# [ABOUT THIS TASK]
Within the data below, find the string "SaysMerged" and return each line where it occurs.

——

impl KeptText {
    /// Keeps a text. The limits hold of it and of each change: at most `limits.depth` objects and arrays may
    /// be open at once, of at most 126, so that the patch that leads back is read, too. How long a text may
    /// become is said at each change.
    ///
    /// Refused is a text that is no JSON, or has an unpaired surrogate, and before that one that nests
    /// deeper.
    ///
    /// ```rust
    /// let limits = Limits {
    ///     depth: 1,
    ///     copied: 100_000,
    /// };
    /// let told = match KeptText::new(alloc, r#"{"a": [1.50]}"#, limits) {
    ///     Ok(kept) => kept.to_text(alloc)?,
    ///     Err(fault) => format!(in alloc; "{fault}")?,
    /// };
    /// // the text nests too deep
    /// ```
    pub fn new(alloc: Global, text: &str, limits: Limits) -> Result<KeptText, TextFault>
        requires { limits.depth ≤ most_levels }
        ensures opened { IfOk result (λ k. k ≡ opened limits text.now) }
        ensures readable { OnOk result (IsReadable limits text.now) }
        ensures fault { IfErr result (IsUnkept limits text.now) }
    {
        let text = checked(alloc, text, limits)?;
        Ok(KeptText {
            pieces: Pieces::owned(alloc, text)?,
            limits,
            last: None,
        })
    }

    /// The text with the patch applied (RFC 6902), as `json_patch_text::patch_text_within` makes it, takes
    /// the place of the text. What was recorded before can't be taken back any more.
    ///
    /// Each text that the operations leave may have at most as many bytes as the text and the patch
    /// together, and `limits.copied` more. The first operation that would leave a longer or deeper one is
    /// `Over`. Of the faults `Patch(Document)` never comes.
    ///
    /// ```rust
    /// let mut kept = KeptText::new(alloc, r#"{ "price": 1.50, "list": [1, 2] }"#, limits)?;
    /// let patch = r#"[{"op": "copy", "from": "/price", "path": "/list/1"}]"#;
    /// kept.patch(alloc, patch)?;
    /// // { "price": 1.50, "list": [1, 1.50, 2] }
    /// ```
    pub fn patch(&mut self, alloc: Global, patch: &str) -> Result<(), TextLimitFault>
        ensures accepted { OnOk result (AcceptsPatch self.old.text patch.now self.new.text) }
        ensures kept { OnOk result (IsPatchedText self.old.text patch.now self.new.text) }
        ensures within { OnOk result
            (IsPatchedWithin self.old.limits self.old.text patch.now self.new.text) }
        ensures bounded { OnOk result (IsTextWithin self.old.limits
            (most_bytes self.old.limits self.old.text patch.now) self.new.text) }
        ensures unrecorded { OnOk result (self.new.last ≡ None) }
        ensures limits { self.new.limits ≡ self.old.limits }
        ensures readable { IsReadable self.new.limits self.new.text }
        ensures fault { IfErr result (IsTextLimitFault self.old.limits self.old.text patch.now) }
        ensures unchanged { OnErr result (self.new ≡ self.old) }
    {
        patch_pieces(alloc, &mut self.pieces, patch, self.limits)?;
        self.pieces.forget();
        self.last = None;
        Ok(())
    }

    /// The same, and the change is recorded: [`KeptText::undo`] takes it back, and [`KeptText::inverse`]
    /// has the patch that leads back. This is in the place of what was recorded before.
    ///
    /// That patch may have as many bytes as a text may. The first operation with which this isn't so is
    /// `Over`, too.
    pub fn patch_recorded(&mut self, alloc: Global, patch: &str) -> Result<(), TextLimitFault>
        ensures accepted { OnOk result (AcceptsPatch self.old.text patch.now self.new.text) }
        ensures kept { OnOk result (IsPatchedText self.old.text patch.now self.new.text) }
        ensures before { OnOk result (option_map (λ c. c.before) self.new.last ≡ Some self.old.text) }
        ensures recorded { OnOk result (IsSomeAnd self.new.last
            (λ c. IsRecorded self.old.text patch.now self.new.text c.inverse)) }
        ensures leads_back { OnOk result (IsSomeAnd self.new.last
            (λ c. AcceptsPatch self.new.text c.inverse self.old.text)) }
        ensures utf8 { OnOk result (IsSomeAnd self.new.last (λ c. IsUtf8 c.inverse)) }
        ensures within { OnOk result (IsSomeAnd self.new.last (λ c. IsRecordedWithin
            self.old.limits self.old.text patch.now self.new.text c.inverse)) }
        ensures bounded { OnOk result (IsTextWithin self.old.limits
            (most_bytes self.old.limits self.old.text patch.now) self.new.text) }
        ensures undo_bounded { OnOk result (IsSomeAnd self.new.last (λ c. IsUndoWithin self.old.limits
            (most_bytes self.old.limits self.old.text patch.now) c.inverse)) }
        ensures limits { self.new.limits ≡ self.old.limits }
        ensures readable { IsReadable self.new.limits self.new.text }
        ensures fault { IfErr result (IsRecordLimitFault self.old.limits self.old.text patch.now) }
        ensures unchanged { OnErr result (self.new ≡ self.old) }
    {
        let before = Before::of(self);
        let inverse = record_pieces(alloc, &mut self.pieces, patch, self.limits)?;
        self.last = Some(Past { before, inverse });
        Ok(())
    }

    /// The pieces of the text with the merge patch merged in; `None` where that is too long.
    fn merged(&self, alloc: Global, patch: &str) -> Result<Option<Pieces<'static>>, MergeTextFault>
        requires { nesting patch.now ≤ self.now.limits.depth }
        ensures pieces { IfOk result (λ found. IfSome found (λ new. ArePieces new)) }
        ensures merged { IfOk result (λ found. IfSome found
            (λ new. SaysMerged self.now.text patch.now (text_of new))) }
        ensures already { IfOk result (λ found. IfSome found (λ new.
            IsMergedAlready self.now.text patch.now → text_of new ≡ self.now.text)) }
        ensures kept { IfOk result (λ found. IfSome found
            (λ new. IsMergedText self.now.text patch.now (text_of new))) }
        ensures small { IfOk result (λ found. IfSome found (λ new.
            length (text_of new) ≤ merged_bytes self.now.limits.copied self.now.text patch.now)) }
        ensures readable { IfOk result (λ found. IfSome found
            (λ new. IsReadable self.now.limits (text_of new))) }
        ensures over { IfOk result (λ found. IfNone found
            (IsMergeOver self.now.limits.copied self.now.text patch.now)) }
        ensures fault { IfErr result (IsMergeTextFault self.now.text patch.now) }
    {
        let text = self.pieces.to_text(alloc)?;
        let text = CheckedText::known(text.as_str());
        let Some(new) = merge_checked_within(alloc, text, patch, self.limits.copied)? else {
            return Ok(None);
        };
        let new = CheckedText::known(new.as_str());
        Ok(Some(Pieces::owned(alloc, new)?))
    }

    /// The text with the merge patch merged in (RFC 7396), as `json_merge_text::merge_text_within` makes it,
    /// takes the place of the text. What was recorded before can't be taken back any more.
    ///
    /// The patch may nest as deep as the text. The new text may have at most as many bytes as the text and
    /// the patch together, and `limits.copied` more; else it is `TooLong`. Of the faults
    /// `Merge(Document)` never comes.
    ///
    /// ```rust
    /// let mut kept = KeptText::new(alloc, r#"{"title": "Hello!", "price": 1.50}"#, limits)?;
    /// kept.merge(alloc, r#"{"title": null, "tags": ["new"]}"#)?;
    /// // {"price": 1.50,"tags": ["new"]}
    /// ```
    #[tactic(auto, using(crate::proofs::Sound::unmerged))]
    pub fn merge(&mut self, alloc: Global, patch: &str) -> Result<(), MergeLimitFault>
        ensures merged { OnOk result (SaysMerged self.old.text patch.now self.new.text) }
        ensures already { OnOk result
            (IsMergedAlready self.old.text patch.now → self.new.text ≡ self.old.text) }
        ensures kept { OnOk result (IsMergedText self.old.text patch.now self.new.text) }
        ensures small { OnOk result
            (length self.new.text ≤ merged_bytes self.old.limits.copied self.old.text patch.now) }
        ensures unrecorded { OnOk result (self.new.last ≡ None) }
        ensures limits { self.new.limits ≡ self.old.limits }
        ensures readable { IsReadable self.new.limits self.new.text }
        ensures fault { IfErr result (IsMergeLimitFault self.old.limits self.old.text patch.now) }
        ensures unchanged { OnErr result (self.new ≡ self.old) }
    {
        if is_deeper(patch, self.limits.depth) {
            return Err(MergeLimitFault::Merge(MergeTextFault::Patch(TextFault::TooDeep)));
        }
        match self.merged(alloc, patch)? {
            Some(pieces) => {
                self.pieces = pieces;
                self.last = None;
                Ok(())
            }
            None => Err(MergeLimitFault::TooLong),
        }
    }

    /// Takes back the last change, if that was recorded and isn't taken back: the text is the one before it,
    /// byte for byte. Returns whether it did. It takes no memory.
    pub fn undo(&mut self) -> bool
        ensures undone { IsTrue result → option_map (λ c. c.before) self.old.last ≡ Some self.new.text }
        ensures nothing { IsFalse result ↔ (self.old.last ≡ None) }
        ensures used { self.new.last ≡ None }
        ensures limits { self.new.limits ≡ self.old.limits }
        ensures readable { IsReadable self.new.limits self.new.text }
        ensures unchanged { IsFalse result → self.new ≡ self.old }
    {
        if self.last.take().is_none() {
            return false;
        }
        self.pieces.take_back();
        true
    }

    /// The text of the patch that leads back from the text to the one before the last change, if that was
    /// recorded and isn't taken back, whatever its numbers are read as.
    ///
    /// It leads to what that text says, with `add`, `remove` and `replace` alone; [`KeptText::undo`] brings back
    /// its bytes.
    ///
    /// ```rust
    /// kept.patch_recorded(alloc, r#"[{"op": "remove", "path": "/price"}]"#)?;
    /// let inverse = kept.inverse(alloc)?;
    /// // [{"op":"add","path":"/price","value":1.50}]
    /// ```
    pub fn inverse(&self, alloc: Global) -> Result<Option<String>, AllocError>
        ensures inverse { IfOk result
            (λ found. option_map string_bytes found ≡ option_map (λ c. c.inverse) self.now.last) }
        ensures leads_back { IfSome self.now.last (λ c. AcceptsPatch self.now.text c.inverse c.before) }
    {
        match &self.last {
            Some(past) => Ok(Some(String::from_str(alloc, past.inverse.as_str())?)),
            None => Ok(None),
        }
    }

    /// The text of the value where the pointer leads (RFC 6901), as it is written; `None` where nothing stands
    /// there. Of several members of one name the last is meant. The objects and arrays on the way are opened,
    /// so that a second look, or a change there, doesn't take the time of their text.
    ///
    /// ```rust
    /// let mut kept = KeptText::new(alloc, r#"{"list": [1.50, 2] }"#, limits)?;
    /// let array = kept.value(alloc, place)?;
    /// // [1.50, 2]
    /// ```
    pub fn value(&mut self, alloc: Global, pointer: Pointer) -> Result<Option<String>, AllocError>
        ensures value { IfOk result (λ found. (j : Json) × Says self.old.text j
            × MatchOption found (tree_at (tokens_of pointer.entry) j ≡ None)
            (λ s. IsWrittenAt self.old.text j (tokens_of pointer.entry) (string_bytes s))) }
        ensures unchanged { self.new ≡ self.old }
    {
        self.pieces.close_if_large(alloc)?;
        self.pieces.value(alloc, pointer)
    }

    /// The text.
    pub fn to_text(&self, alloc: Global) -> Result<String, AllocError>
        ensures text { IfOk result (λ s. string_bytes s ≡ self.now.text) }
    {
        self.pieces.to_text(alloc)
    }

    /// How many bytes the text has.
    pub fn len(&self) -> usize
        ensures { result ≡ length self.now.text }
    {
        self.pieces.len()
    }

    /// The limits that it was given: the text is JSON within them.
    pub fn limits(&self) -> Limits
        ensures limits { result ≡ self.now.limits }
        ensures bounded { result.depth ≤ most_levels }
        ensures readable { IsReadable self.now.limits self.now.text }
    {
        self.limits
    }

    /// The patch, as text, that leads from the text to what another says, as `json_diff_text::diff_text` makes
    /// it, whatever numbers both have: [`KeptText::patch`] makes of the text one that says the same. It has no
    /// operation exactly where both say the same.
    ///
    /// The other may nest as deep as the text. Of the faults `From` never comes.
    ///
    /// ```rust
    /// let kept = KeptText::new(alloc, r#"{"a": 1.5, "b": 1}"#, limits)?;
    /// let patch = kept.diff_to(alloc, r#"{"a": 1.50, "b": 2.5e3}"#)?;
    /// // [{"op":"replace","path":"/b","value":2.5e3}]
    /// ```
    #[tactic(auto, using(crate::proofs::Sound::no_way))]
    pub fn diff_to(&self, alloc: Global, to: &str) -> Result<String, DiffTextFault>
        ensures leads { IfOk result (λ patch. AcceptsPatch self.now.text (string_bytes patch) to.now) }
        ensures plain { IfOk result (λ patch. IsPlainPatch self.now.text (string_bytes patch)) }
        ensures nothing { IfOk result
            (λ patch. SaysOperations (string_bytes patch) [] ↔ SaySame self.now.text to.now) }
        ensures few { IfOk result (λ patch. IsFewBetween self.now.text to.now (string_bytes patch)) }
        ensures readable { IfOk result (λ patch. nesting (string_bytes patch) ≤ max_depth) }
        ensures never { IfOk result (λ patch. IsNeverTooDeep
            (max (nesting self.now.text) (nesting to.now)) self.now.text (string_bytes patch)) }
        ensures depth { OnOk result (nesting to.now ≤ self.now.limits.depth) }
        ensures fault { IfErr result (IsNoWayTo self.now.limits to.now) }
    {
        if is_deeper(to, self.limits.depth) {
            return Err(DiffTextFault::To(TextFault::TooDeep));
        }
        let text = self.pieces.to_text(alloc)?;
        diff_text(alloc, text.as_str(), to)
    }
}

——

# [RESPONSE AREA]
            (λ new. SaysMerged self.now.text patch.now (text_of new))) }
        ensures merged { OnOk result (SaysMerged self.old.text patch.now self.new.text) }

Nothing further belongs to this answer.